If the ksql.logging.processing.topic.name
property is not specified,
the processing log topic name will default to
<ksql service id>processing_log
, where ksql service id
is the
value from the ksql.service.id
property. This ensures each ksqlDB
cluster gets its own processing log topic by default.

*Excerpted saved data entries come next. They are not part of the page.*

/// The progress of the answer to a request that isn't about silences.
#[derive(Drop)]
pub enum CallProgress {
    /// A request for a decision waits for this member's turn, or until Alertmanagers have been heard.
    Turn(Turn),
    /// A request waits for its place in the line.
    Due(Due),
    /// Some alerts of a decision are still to be held against the silences.
    Deciding(PendingDecision),
    /// The entries of the log are being written.
    Log(LogWriting),
    /// The silences are being counted for the member's figures.
    Counting(StateCount),
}

/// A decision that is being made.
#[derive(Drop)]
pub struct PendingDecision {
    pub deciding: Deciding,
    /// The request, if Alertmanagers are still to be heard before the answer is that the group is to be notified.
    pub unheard: Option<Request>,
    /// The moment when the decision is broken off; without it, the decision goes on for as long as a connection may last.
    pub limit: Option<Instant>,
}

impl ConnectionWork {
    /// Returns the number of bytes of a request that the work keeps.
    fn held(&self) -> usize {
        match self {
            ConnectionWork::Request(said) | ConnectionWork::Compiling(said, _) => bytes_kept(said),
            ConnectionWork::Call(CallProgress::Turn(turn)) => turn.bytes(),
            ConnectionWork::Call(CallProgress::Due(due)) => bytes_of_request(&due.request),
            ConnectionWork::Call(
                CallProgress::Deciding(
                    PendingDecision {
                        unheard: Some(request),
                        ..
                    },
                ),
            ) => bytes_of_request(request),
            _ => 0,
        }
    }
}

/// Returns the number of bytes of a request that are kept with the output of a session.
fn bytes_kept(said: &SessionOutput) -> usize {
    match &said.request {
        Some(Read::Whole(request)) => bytes_of_request(request),
        _ => 0,
    }
}

/// A reply that waits for the next commit.
#[derive(Drop)]
pub struct UncommittedReply {
    pub reply: ResponseBytes,
    /// True if the request has changed something.
    pub is_change: bool,
}

/// A reply that is going out.
#[derive(Drop)]
pub struct OutgoingResponse {
    pub reply: ResponseBytes,
    /// The number of its bytes that went out.
    pub written: usize,
}

impl OutgoingResponse {
    /// Returns the bytes that are still to be written.
    fn left(&self) -> &[u8]
        ensures { result.now ≡ drop self.now.written (bytes_of self.now.reply) }
    {
        let reply = self.reply.as_slice();
        if self.written < reply.len() {
            &reply[self.written..]
        } else {
            &[]
        }
    }
}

If you are bringing up a new interactive mode ksqlDB cluster, you can configure ksqlDB to set up a log stream automatically by including the following in your ksqlDB properties file:
ksql.logging.processing.stream.auto.create=true
ksql.logging.processing.stream.name=<stream name> # defaults to PROCESSING_LOG
When you start ksqlDB, you should see the stream in your list of streams:
ksql> list streams;
Stream Name | Kafka Topic | Key Format | Value Format | Windowed
-------------------------------------------------------------------------
PROCESSING_LOG | processing_log | KAFKA | JSON |
-------------------------------------------------------------------------
ksql> describe PROCESSING_LOG;
Name : PROCESSING_LOG
Field | Type
-------------------------------------------------------------------------------------------------------------------------------------------------------------------------------
LOGGER | VARCHAR(STRING)
LEVEL | VARCHAR(STRING)
TIME | BIGINT
MESSAGE | STRUCT<type INTEGER, deserializationError STRUCT<target VARCHAR(STRING), errorMessage VARCHAR(STRING), recordB64 VARCHAR(STRING), cause ARRAY<VARCHAR(STRING)>, topic VARCHAR(STRING)>, ...>
-------------------------------------------------------------------------------------------------------------------------------------------------------------------------------
You can query the stream just like you would any other ksqlDB stream.
You can also create the stream yourself by issuing the following DDL statement:
CREATE STREAM PROCESSING_LOG_STREAM (
LOGGER STRING,
LEVEL STRING,
`TIME` BIGINT,
MESSAGE STRUCT<
`TYPE` INTEGER,
deserializationError STRUCT<
target STRING,
errorMessage STRING,
recordB64 STRING,
cause ARRAY<STRING>,
`topic` STRING>,
recordProcessingError STRUCT<
errorMessage STRING,
record STRING,
cause ARRAY<STRING>>,
productionError STRUCT<
errorMessage STRING>,
serializationError STRUCT<
target STRING,
errorMessage STRING,
record STRING,
cause ARRAY<STRING>,
`topic` STRING>>,
kafkaStreamsError STRUCT<
threadName STRING,
errorMessage STRING,
cause ARRAY<STRING>>)
WITH (KAFKA_TOPIC='processing_log_topic', VALUE_FORMAT='JSON');
Note
Processing log stream auto-creation is supported for interactive mode only. Enabling this setting in headless mode causes a warning to be printed to the server log.